Art as Therapy by Alain De Botton and John Armstrong Download

Who's afraid of Alain de Botton? At 43, he'due south already an elder in the church of self-assistance, the master of spinning sugary "secular sermons" out of literature ("How Proust Can Alter Your Life"), philosophy ("The Consolations of Philosophy"), architecture ("The Architecture of Happiness"). He has a remarkably guileless confront and a friendly, populist vision of art. Why so exercise I proceed checking my pockets? And why the grumbles that he condescends to his subjects and regards his readers, as the British author Lynn Barber put information technology, as "ants"?

De Botton's new book, "Art as Therapy," written with the historian John Armstrong, begins with grim news. Every 24-hour interval, honest, upright citizens "leave highly respected museums and exhibitions feeling underwhelmed." It'due south a scandal, specially since the authors firmly believe fine art exists to make people "amend versions of themselves." They dream of a day when art can be prescribed for specific "psychological frailties" (including poor memory and pessimism), when museums tin be redesigned as gyms for the psyche, grouping works non past mode but by the feelings they depict and the muscles they work. Captions volition whisper prompts similar: "Don't wait valuable journeys to exist piece of cake," for Frederic Edwin Church building's painting "The Iceberg."

Image A Tate Modern floor plan arranged according to a therapeutic vision; from “Art as Therapy.”

"Art as Therapy" is handsome and depressing. It lays bare the flaws in de Botton's method, chiefly that, well, he does regard his readers similar ants. How dispiriting it is to be told that we cannot appreciate mystery, to see complexity cleared away similar an errant cobweb. Truthful, perverse, playful reductiveness has always been de Botton'southward shtick — he's just never done it so badly. The grant proposal prose saps all the fun from the proceedings. What should come beyond as derisive sounds unhinged: "The true aspiration of art should exist to reduce the need for it"; "We should revisit the idea of censorship, and potentially consider it . . . as a sincere try to organize the world for our benefit."

Irritatingly, the authors do have a point: at that place is a hunger to believe art has a pragmatic purpose in our lives (witness the excitement over studies showing that going to museums makes us smarter and reading literary fiction makes us more compassionate). And of course art consoles and nourishes and does everything Armstrong and de Botton say it does. The problem is that we don't demand them as middlemen, and we certainly don't need paintings puréed down to pablum and spoon-fed to u.s.a.. But Armstrong and de Botton think so little of united states of america, they blueprint museums like Temple Grandin designed humane slaughterhouses, to minimize our fear and defoliation. And in sparing us the horror of feeling "inadequate," they deprive u.s. of a chance at rapture, to piece of work to possess the work ourselves. (Recall the caption on that painting of the iceberg: "Don't expect valuable journeys to exist piece of cake.")

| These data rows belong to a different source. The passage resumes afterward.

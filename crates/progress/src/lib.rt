// The promise of a lock order is a theorem: see proofs/. This crate has no code of its own.

#![tactic(auto)]
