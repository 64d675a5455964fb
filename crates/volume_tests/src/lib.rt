//! Tests of heads, of volumes that are made, written and read, and of the words of a command. A row of a table has what is given,
//! a bar, and what is wanted.
#![tactic(auto)]

#[cfg(test)]
mod files;
#[cfg(test)]
mod heads;
#[cfg(test)]
mod phantoms;
#[cfg(test)]
mod rows;
#[cfg(test)]
mod words;
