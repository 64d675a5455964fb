//! Samples of phantoms.

use crate::rows::{field, number};
use phantom::phantom;
use st_base::Volume;
use std::alloc::Global;

// A size and a seed, and all samples.
const SAMPLES: &str = "1 7 | 248
1 0 | 254
2 7 | 104 96 97 107 107 109 105 106";

// Sizes and seeds.
const VOLUMES: &str = "5 3
64 7
127 0
128 18446744073709551615";

// The phantom of a size and a seed; none where there is no such size.
fn phantom_of(alloc: Global, text: &str) -> Option<Volume> {
    let (size, seed) = text.split_once(' ')?;
    let (Ok(size), Ok(seed)) = (size.parse::<u32>(), seed.parse::<u64>()) else {
        return None;
    };
    if size < 1 || 128 < size {
        return None;
    }
    phantom(alloc, size, seed).ok()
}

#[test]
fn draws_from_the_seed(rt: HostRuntime) {
    for row in SAMPLES.lines() {
        let (given, wanted) = field(row);
        let volume = phantom_of(rt.alloc(), given).expect(&rt, "a phantom");
        let samples = volume.samples();
        let mut count = 0usize;
        for text in wanted.split(' ') {
            assert!(rt; count < samples.len(), "in {row}");
            assert_eq!(rt;
                Some(samples.get(count)),
                text.parse::<i64>().ok(),
                "in {row}"
            );
            count += 1;
        }
        assert_eq!(rt; count, samples.len(), "in {row}");
    }
}

#[test]
fn stays_in_range(rt: HostRuntime) {
    for row in VOLUMES.lines() {
        let volume = phantom_of(rt.alloc(), row).expect(&rt, "a phantom");
        let samples = volume.samples();
        let size = number(field(row).0.split_once(' ').map_or("", |parts| parts.0));
        assert_eq!(rt;
            samples.len() as u64,
            size.wrapping_mul(size).wrapping_mul(size),
            "of {row}"
        );
        for n in 0..samples.len() {
            let sample = samples.get(n);
            assert!(rt; 49 <= sample && sample <= 255, "of {row}");
        }
    }
}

I'yard reminded of the historian Leo Steinberg'south reaction to Jasper Johns's early work, specifically "Drawer," in which a drawer is embedded in a canvas. Steinberg's essay is an elegant, instructive tantrum, the kind of thing 1 imagines really entices people to expect at pictures. It is modest, frank and very funny on the variety of feelings an interesting prototype can elicit. Steinberg passes from defoliation to contempt to terror ("I am alone with this thing, and it is upwards to me to evaluate it") to a puzzled sort of pleasance. "It is a kind of self-analysis that a new image can throw yous into and for which I am grateful," he writes. "I am left in a state of broken-hearted dubiousness by the painting, most painting, about myself. And I suspect that this is all right." It is, in fact, wonderful. What would Armstrong and de Botton brand of "Drawer"? "Open yourself to new experiences," maybe. Worse: "Search inside."

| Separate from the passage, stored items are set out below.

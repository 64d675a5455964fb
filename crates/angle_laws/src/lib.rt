//! The extremes of a mesh bound all of its angles.
//!
//! Each law is the contract of a function that does nothing. The definitions are those of the crate `definitions`.
#![tactic(auto)]

ghost use Rattle.angle_laws.specs.Bounds.{AnglesAreBounded};

/// The extremes of the mesh of a field are two of its angles, between which all angles lie, and there are none exactly
/// where the mesh has no tetrahedra.
pub fn angles_are_bounded()
    ensures { AnglesAreBounded }
{}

Pity; the idea of knowledge as a procedure non a pellet is something that used to matter to de Botton. It's something he has forgotten (and can be forgiven for forgetting; unreliable retention being, after all, the first "frailty" mentioned in "Fine art as Therapy"). If de Botton were to consult his Proust again, he'd encounter the painter Elstir, whom he treated tenderly in his breakout book, "How Proust Can Alter Your Life." Elstir'due south message is this: "Nosotros cannot exist taught wisdom, we have to discover it for ourselves by a journeying which no one can undertake for us, an endeavor which no one can spare united states." No ane, not even Alain de Botton.